- YOUR OBJECTIVE
Transcribe all of the records exactly, leaving every line as it is.
--------------------
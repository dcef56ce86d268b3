//! The copies of controls from one refresh to the next, and as they were at the end of the last event.

ghost use Rattle.std.specs.Prelude.{◌≡◌, ◌<◌, ◌++◌, [], true, not, length, map, option_map, IfOk, OnOk};
ghost use Rattle.xf_def_values.specs.Bounded.{GivesBounded};
ghost use Rattle.xf_def_ui.specs.Notifications as told;
ghost use Rattle.xf_controls.specs.Former as values;
ghost use Rattle.xf_controls.specs.Former.{node_at, value_at, with_value_at};
ghost use Rattle.xf_controls.specs.Renewed as spec;
ghost use Rattle.xf_controls.specs.Renewed.{AreThere, renewed};
ghost use Rattle.xf_controls.specs.Rising.{is_rising};
ghost use Rattle.xf_controls.specs.Seen.{IsThere, number, seen_copy, seen_notification};

use crate::before::is_rising;
use crate::copy::{ControlCopy, ControlList};
use crate::refresh::{NotificationList, push_told, same_value};
use crate::value::{has_value, value_over};
use std::alloc::{AllocError, Global};
use std::marker::Model;
use std::mem::replace;
use xf_base::Items;
use xf_eval::EvalFault;
use xf_name::Word;
use xf_tree::Forest;

/// The value that the copy at a place had.
#[derive(Drop)]
pub(crate) struct Former {
    pub place: usize,
    pub value: Option<Word>,
}

/// The copies of the last refresh, and those that were kept at the end of the last event. Contracts see both lists.
#[derive(Drop)]
pub struct Shown {
    list: ControlList,
    // Those that were kept, where a whole list came since.
    aside: Option<ControlList>,
    // The values of those that were kept, where copies got others since; the last one last.
    former: Vec<Former>,
}

impl Model for Shown {
    ghost use Rattle.xf_controls.specs.Former.{Standing, kept_in};

    ghost Value = { Standing };

    ghost view = { λ s. record { now = s.list; kept = kept_in s.list s.aside s.former.items } };
}

impl Shown {
    /// No copies.
    pub fn new(alloc: Global) -> Self
        ensures { result ≡ record { now = []; kept = [] } }
    {
        Shown {
            list: ControlList::new(alloc),
            aside: None,
            former: Vec::new(alloc),
        }
    }

    /// Those of the last refresh.
    pub fn list(&self) -> &ControlList
        ensures { result.now ≡ self.now.now }
    {
        &self.list
    }

    /// Whether each element has one copy at most, in document order.
    pub fn is_rising(&self) -> bool
        ensures { result ≡ is_rising self.now.now }
    {
        is_rising(self.list.as_slice())
    }

    /// Takes a whole list in place of that of the last refresh.
    pub fn take(&mut self, list: ControlList)
        ensures now { self.new.now ≡ list }
        ensures kept { self.new.kept ≡ self.old.kept }
    {
        let mut before = replace(&mut self.list, list);
        if self.aside.is_none() {
            put_back(&mut before, &mut self.former);
            self.aside = Some(before);
        }
        self.former.clear();
    }

    /// Gives each copy the value that its node has in these data. The answer is what is told of those that got another one. It costs a look at
    /// each copy, and memory for those alone that got another one. An `Err` is want of memory, or a string that is too long.
    pub fn renew(&mut self, alloc: Global, forest: &Forest) -> Result<NotificationList, EvalFault>
        requires there { AreThere self.old.now forest.now.forest.nodes }
        requires rising { is_rising self.old.now ≡ true }
        ensures list { GivesBounded EvalFault.Memory EvalFault.Long (λ _. self.new.now) result (renewed forest.now.forest.nodes self.old.now) }
        ensures told { IfOk result (λ all. map seen_notification all ≡ told.notifications (map seen_copy self.old.now) (map seen_copy self.new.now)) }
        ensures kept { self.new.kept ≡ self.old.kept }
    {
        renew_all(alloc, &mut self.list, &mut self.former, forest)
    }

    /// Keeps those of the last refresh. Takes no memory.
    pub fn commit(&mut self)
        ensures { self.new ≡ record { now = self.old.now; kept = self.old.now } }
    {
        self.aside = None;
        self.former.clear();
    }

    /// Those that were kept stand again. Takes no memory.
    pub fn roll_back(&mut self)
        ensures { self.new ≡ record { now = self.old.kept; kept = self.old.kept } }
    {
        match self.aside.take() {
            Some(kept) => {
                self.list = kept;
                self.former.clear();
            }
            None => put_back(&mut self.list, &mut self.former),
        }
    }
}

/// Gives each copy of a list the value that its node has in these data, and notes those that they had. The answer is what is told of those that
/// got another one.
fn renew_all(
    alloc: Global,
    list: &mut ControlList,
    former: &mut Vec<Former>,
    forest: &Forest,
) -> Result<NotificationList, EvalFault>
    requires there { AreThere list.old forest.now.forest.nodes }
    requires rising { is_rising list.old ≡ true }
    ensures list { GivesBounded EvalFault.Memory EvalFault.Long (λ _. list.new) result (renewed forest.now.forest.nodes list.old) }
    ensures told { IfOk result (λ all. map seen_notification all ≡ told.notifications (map seen_copy list.old) (map seen_copy list.new)) }
    ensures kept { values.put_back list.new former.new.items ≡ values.put_back list.old former.old.items }
{
    let mut all = Items::new(alloc);
    for place in 0..list.len() {
        let is_other = renew_at(list, former, forest, place)?;
        push_if(alloc, is_other, list.at(place), &mut all)?;
    }
    Ok(all)
}

/// Where a copy got another value, tells so.
fn push_if(
    alloc: Global,
    is_other: bool,
    copy: &ControlCopy,
    all: &mut NotificationList,
) -> Result<(), AllocError>
    ensures { OnOk result (map seen_notification all.new ≡ map seen_notification all.old ++ values.told_if (not is_other) copy.now) }
{
    if is_other {
        return push_told(alloc, "xforms-value-changed", copy, all);
    }
    Ok(())
}

/// Gives the copy at a place the value that its node has in these data, and notes the one that it had. Whether it got another one.
fn renew_at(
    list: &mut ControlList,
    former: &mut Vec<Former>,
    forest: &Forest,
    place: usize,
) -> Result<bool, EvalFault>
    requires place { place < length list.old }
    requires there { IsThere (node_at list.old place) forest.now.forest.nodes }
    ensures list { GivesBounded EvalFault.Memory EvalFault.Long (λ _. list.new) result (option_map (λ value. with_value_at place value list.old) (spec.value_over forest.now.forest.nodes (option_map number (node_at list.old place)))) }
    ensures told { IfOk result (λ is_other. is_other ≡ not (told.same_value (value_at list.old place) (value_at list.new place))) }
    ensures kept { values.put_back list.new former.new.items ≡ values.put_back list.old former.old.items }
{
    let copy = &list.as_slice()[place];
    if has_value(forest, copy.node, &copy.value) {
        return Ok(false);
    }
    let value = value_over(forest, copy.node)?;
    if same_value(&copy.value, &value) {
        return Ok(false);
    }
    former.reserve(1)?;
    let value = list.swap_value(place, value);
    former.push_reserved(Former { place, value });
    Ok(true)
}

/// Puts the former values back, the last one first.
fn put_back(list: &mut ControlList, former: &mut Vec<Former>)
    ensures list { list.new ≡ values.put_back list.old former.old.items }
    ensures former { former.new.items ≡ [] }
{
    while let Some(change) = former.pop() {
        if change.place < list.len() {
            let _ = list.swap_value(change.place, change.value);
        }
    }
}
--------------------
- ANSWER TO THE EXERCISE
repository dcef56ce86d268b3
//! The copies of controls from one refresh to the next, and as they were at the end of the last event.

ghost use Rattle.std.specs.Prelude.{◌≡◌, ◌<◌, ◌++◌, [], true, not, length, map, option_map, IfOk, OnOk};
ghost use Rattle.xf_def_values.specs.Bounded.{GivesBounded};
ghost use Rattle.xf_def_ui.specs.Notifications as told;
ghost use Rattle.xf_controls.specs.Former as values;
ghost use Rattle.xf_controls.specs.Former.{node_at, value_at, with_value_at};
ghost use Rattle.xf_controls.specs.Renewed as spec;
ghost use Rattle.xf_controls.specs.Renewed.{AreThere, renewed};
ghost use Rattle.xf_controls.specs.Rising.{is_rising};
ghost use Rattle.xf_controls.specs.Seen.{IsThere, number, seen_copy, seen_notification};

use crate::before::is_rising;
use crate::copy::{ControlCopy, ControlList};
use crate::refresh::{NotificationList, push_told, same_value};
use crate::value::{has_value, value_over};
use std::alloc::{AllocError, Global};
use std::marker::Model;
use std::mem::replace;
use xf_base::Items;
use xf_eval::EvalFault;
use xf_name::Word;
use xf_tree::Forest;

/// The value that the copy at a place had.
#[derive(Drop)]
pub(crate) struct Former {
    pub place: usize,
    pub value: Option<Word>,
}

/// The copies of the last refresh, and those that were kept at the end of the last event. Contracts see both lists.
#[derive(Drop)]
pub struct Shown {
    list: ControlList,
    // Those that were kept, where a whole list came since.
    aside: Option<ControlList>,
    // The values of those that were kept, where copies got others since; the last one last.
    former: Vec<Former>,
}

impl Model for Shown {
    ghost use Rattle.xf_controls.specs.Former.{Standing, kept_in};

    ghost Value = { Standing };

    ghost view = { λ s. record { now = s.list; kept = kept_in s.list s.aside s.former.items } };
}

impl Shown {
    /// No copies.
    pub fn new(alloc: Global) -> Self
        ensures { result ≡ record { now = []; kept = [] } }
    {
        Shown {
            list: ControlList::new(alloc),
            aside: None,
            former: Vec::new(alloc),
        }
    }

    /// Those of the last refresh.
    pub fn list(&self) -> &ControlList
        ensures { result.now ≡ self.now.now }
    {
        &self.list
    }

    /// Whether each element has one copy at most, in document order.
    pub fn is_rising(&self) -> bool
        ensures { result ≡ is_rising self.now.now }
    {
        is_rising(self.list.as_slice())
    }

    /// Takes a whole list in place of that of the last refresh.
    pub fn take(&mut self, list: ControlList)
        ensures now { self.new.now ≡ list }
        ensures kept { self.new.kept ≡ self.old.kept }
    {
        let mut before = replace(&mut self.list, list);
        if self.aside.is_none() {
            put_back(&mut before, &mut self.former);
            self.aside = Some(before);
        }
        self.former.clear();
    }

    /// Gives each copy the value that its node has in these data. The answer is what is told of those that got another one. It costs a look at
    /// each copy, and memory for those alone that got another one. An `Err` is want of memory, or a string that is too long.
    pub fn renew(&mut self, alloc: Global, forest: &Forest) -> Result<NotificationList, EvalFault>
        requires there { AreThere self.old.now forest.now.forest.nodes }
        requires rising { is_rising self.old.now ≡ true }
        ensures list { GivesBounded EvalFault.Memory EvalFault.Long (λ _. self.new.now) result (renewed forest.now.forest.nodes self.old.now) }
        ensures told { IfOk result (λ all. map seen_notification all ≡ told.notifications (map seen_copy self.old.now) (map seen_copy self.new.now)) }
        ensures kept { self.new.kept ≡ self.old.kept }
    {
        renew_all(alloc, &mut self.list, &mut self.former, forest)
    }

    /// Keeps those of the last refresh. Takes no memory.
    pub fn commit(&mut self)
        ensures { self.new ≡ record { now = self.old.now; kept = self.old.now } }
    {
        self.aside = None;
        self.former.clear();
    }

    /// Those that were kept stand again. Takes no memory.
    pub fn roll_back(&mut self)
        ensures { self.new ≡ record { now = self.old.kept; kept = self.old.kept } }
    {
        match self.aside.take() {
            Some(kept) => {
                self.list = kept;
                self.former.clear();
            }
            None => put_back(&mut self.list, &mut self.former),
        }
    }
}

/// Gives each copy of a list the value that its node has in these data, and notes those that they had. The answer is what is told of those that
/// got another one.
fn renew_all(
    alloc: Global,
    list: &mut ControlList,
    former: &mut Vec<Former>,
    forest: &Forest,
) -> Result<NotificationList, EvalFault>
    requires there { AreThere list.old forest.now.forest.nodes }
    requires rising { is_rising list.old ≡ true }
    ensures list { GivesBounded EvalFault.Memory EvalFault.Long (λ _. list.new) result (renewed forest.now.forest.nodes list.old) }
    ensures told { IfOk result (λ all. map seen_notification all ≡ told.notifications (map seen_copy list.old) (map seen_copy list.new)) }
    ensures kept { values.put_back list.new former.new.items ≡ values.put_back list.old former.old.items }
{
    let mut all = Items::new(alloc);
    for place in 0..list.len() {
        let is_other = renew_at(list, former, forest, place)?;
        push_if(alloc, is_other, list.at(place), &mut all)?;
    }
    Ok(all)
}

/// Where a copy got another value, tells so.
fn push_if(
    alloc: Global,
    is_other: bool,
    copy: &ControlCopy,
    all: &mut NotificationList,
) -> Result<(), AllocError>
    ensures { OnOk result (map seen_notification all.new ≡ map seen_notification all.old ++ values.told_if (not is_other) copy.now) }
{
    if is_other {
        return push_told(alloc, "xforms-value-changed", copy, all);
    }
    Ok(())
}

/// Gives the copy at a place the value that its node has in these data, and notes the one that it had. Whether it got another one.
fn renew_at(
    list: &mut ControlList,
    former: &mut Vec<Former>,
    forest: &Forest,
    place: usize,
) -> Result<bool, EvalFault>
    requires place { place < length list.old }
    requires there { IsThere (node_at list.old place) forest.now.forest.nodes }
    ensures list { GivesBounded EvalFault.Memory EvalFault.Long (λ _. list.new) result (option_map (λ value. with_value_at place value list.old) (spec.value_over forest.now.forest.nodes (option_map number (node_at list.old place)))) }
    ensures told { IfOk result (λ is_other. is_other ≡ not (told.same_value (value_at list.old place) (value_at list.new place))) }
    ensures kept { values.put_back list.new former.new.items ≡ values.put_back list.old former.old.items }
{
    let copy = &list.as_slice()[place];
    if has_value(forest, copy.node, &copy.value) {
        return Ok(false);
    }
    let value = value_over(forest, copy.node)?;
    if same_value(&copy.value, &value) {
        return Ok(false);
    }
    former.reserve(1)?;
    let value = list.swap_value(place, value);
    former.push_reserved(Former { place, value });
    Ok(true)
}

/// Puts the former values back, the last one first.
fn put_back(list: &mut ControlList, former: &mut Vec<Former>)
    ensures list { list.new ≡ values.put_back list.old former.old.items }
    ensures former { former.new.items ≡ [] }
{
    while let Some(change) = former.pop() {
        if change.place < list.len() {
            let _ = list.swap_value(change.place, change.value);
        }
    }
}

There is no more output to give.